For #PlaySmelter 2017, we’re interviewing some of the great actors, writers, designers, producers, and key creatives involved in building our annual festival of new work.
Sarah Gartshore is an emerging playwright from St. Joseph Island who lives in Sudbury. Her play, Debwewin (Truth), will be read at this year’s #PlaySmelter Festival.
Sarah’s intention, as a playwright, is to offer a platform for voices from the margins. Her play Survivance has received dramaturgical support, a workshop and reading with Pat The Dog Theatre Creation. Survivance will be work-shopped in Stratford with Muriel Miguel, renowned playwright, director and founder of Spider Woman Theatre in New York. Survivance was performed during Shkagamik-Kwe’s National Aboriginal Day celebration at Sudbury Theatre Centre and an excerpt was performed at Native Earth Performing Arts in Toronto during their Weesageechak Begins To Dance Festival, as part of it’s Animikiig Creators offering. Sarah is currently writing ArmHer, a CCA funded, multi-year collaboration with Myths and Mirrors and community members with lived experience in sex work. Sarah is also developing POW!, a play for and about Aboriginal youth, funded by OAC’s Theatre Creators Reserve.
1. Part of the pain experienced by survivors of the residential schools was not being believed. Even after the Commission, there have been accounts of deniers and apologists, most recently the controversy over Senator Lynn Beyak’s comments. Your piece seems to gesture to large and important questions that hovered over the Commission, like whose truth counts and how is it disclosed; even the title, Debwewin (‘truth’ in Ojibwe) suggests that there is always some kind of translation involved in acts of truth-telling or bearing witness. Can you say more about this?
Well, to be honest, I added the ‘truth’ part so people who don’t know what Debwewin means would have some understanding. Debwewin is one of our Seven Grandfather Teachings and so I don’t take that title lightly. I’m learning Ojibway and to hear that word, Debwewin, in the mouths of treaty people (which is all of us) makes my heart happy. The title of my play comes from the whole concept of truth and reconciliation. I feel like many people want to rush to reconciliation and feel that they are ready for that when the reality is that we are just beginning to hear and understand the truth of what happened on Turtle Island over the last one hundred and fifty years. All one has to do is read the comments on a post about anything to do with Indigenous people standing up for themselves and you’ll see we are very much at the beginning… nowhere near reconciliation.

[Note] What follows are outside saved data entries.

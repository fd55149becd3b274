//! Plays what happens to the connections of a node: each line of standard input is an input, and what the connections ask
//! for then is written behind it. Times are in milliseconds, addresses are plain numbers. The lines:
//!
//!     node                                                begins anew, with no connection
//!     connect NOW APP SRC SPORT DST PORT MSS              SRC is - where no route leads to DST
//!     listen APP PORT
//!     segment NOW SRC SPORT DST DPORT FLAGS SEQ ACK MSS BYTES
//!                                                         with the flags S, A, F and R or - for none; MSS 0 is none
//!     garbage NOW SRC DST                                 a packet that is no segment
//!     timer NOW CONN STAMP
//!     write NOW APP BYTES
//!     close NOW APP
#![tactic(auto)]

mod command;
mod play;
mod text;

use anyhow::{Result, bail};
use play::Node;
use std::alloc::Global;

fn main(rt: HostRuntime) -> Result<()> {
    let alloc = rt.alloc();
    let mut node = Node::make(alloc);
    for line in rt.lines(alloc) {
        let line = line?;
        println!(rt; "{line}")?;
        let text = answer(alloc, &mut node, line.as_str())?;
        print!(rt; "{text}")?;
    }
    Ok(())
}

/// What the connections of a node ask for at a line.
fn answer(alloc: Global, node: &mut Node, line: &str) -> Result<String> {
    let Some(command) = command::read(line)? else {
        return Ok(String::new(alloc));
    };
    let mut acts = Vec::new(alloc);
    let Ok(()) = node.play(alloc, command, &mut acts) else {
        bail!("no memory");
    };
    Ok(text::of_all(alloc, acts)?)
}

2. You speak of a rising collective Indigenous voice across Canada, but I’m interested to hear your thoughts on how it’s emerging in Sudbury/northern Ontario, particularly in the arts.
I think that it’s hip to be Indigenous right now (at least it’s profitable) unless you’re actually Indigenous, so we’re seeing a lot of push to get our work out there. It’s something that us in the arts are trying to navigate… when you’re just happy to get work, it’s hard to say no, so we’re having to do a lot of supporting of one another and questioning the intention behind the organizations who have taken a sudden interest in our work. I can speak to what’s happening in Sudbury and with my work in particular. Pat The Dog has supported and promoted my work since before they realized I was Indigenous and I am beyond grateful to Lisa and Matt. Quite simply, I wouldn’t be a playwright without them. I’m fortunate that I have built relationships over the years in the Sudbury arts community with artists who are wonderful to work with, whether it’s acting, directing, photography, film, tech… the Sudbury arts community is a wildly talented, supportive bunch of people.
3. Does your writing integrate Indigenous storytelling practices? Having worked with playwright development centres like Pat the Dog, have you ever found such practices at odds with standard dramaturgical models (e.g., action-driven, linear narrative, the two-act play, etc.)?
My work is at odds with every standard model of playwriting. The style that I write in is very much about story telling and heavy with individual monologues. Anishinaabe are Story Tellers and so I think the way I write comes from my family and the way my Grandfather would tell us stories. I’m very fortunate that neither Matt or Lisa tried to change the way I told a story. They never said ‘a little heavy on the monologues Gartshore’ even though everyone else did! And since they were central to me feeling like I was a playwright and were there to nudge me along, if they had said that, I think it would have been devastating. I feel like I am a baby story teller largely because I still have to write my stories down. I feel that I am too attached to grammar, sentence structure etc (although I do play a lot with it and try to shake it up) and will feel like a bonafide Story Teller when I am able to remember and tell the stories and not depend on my computer.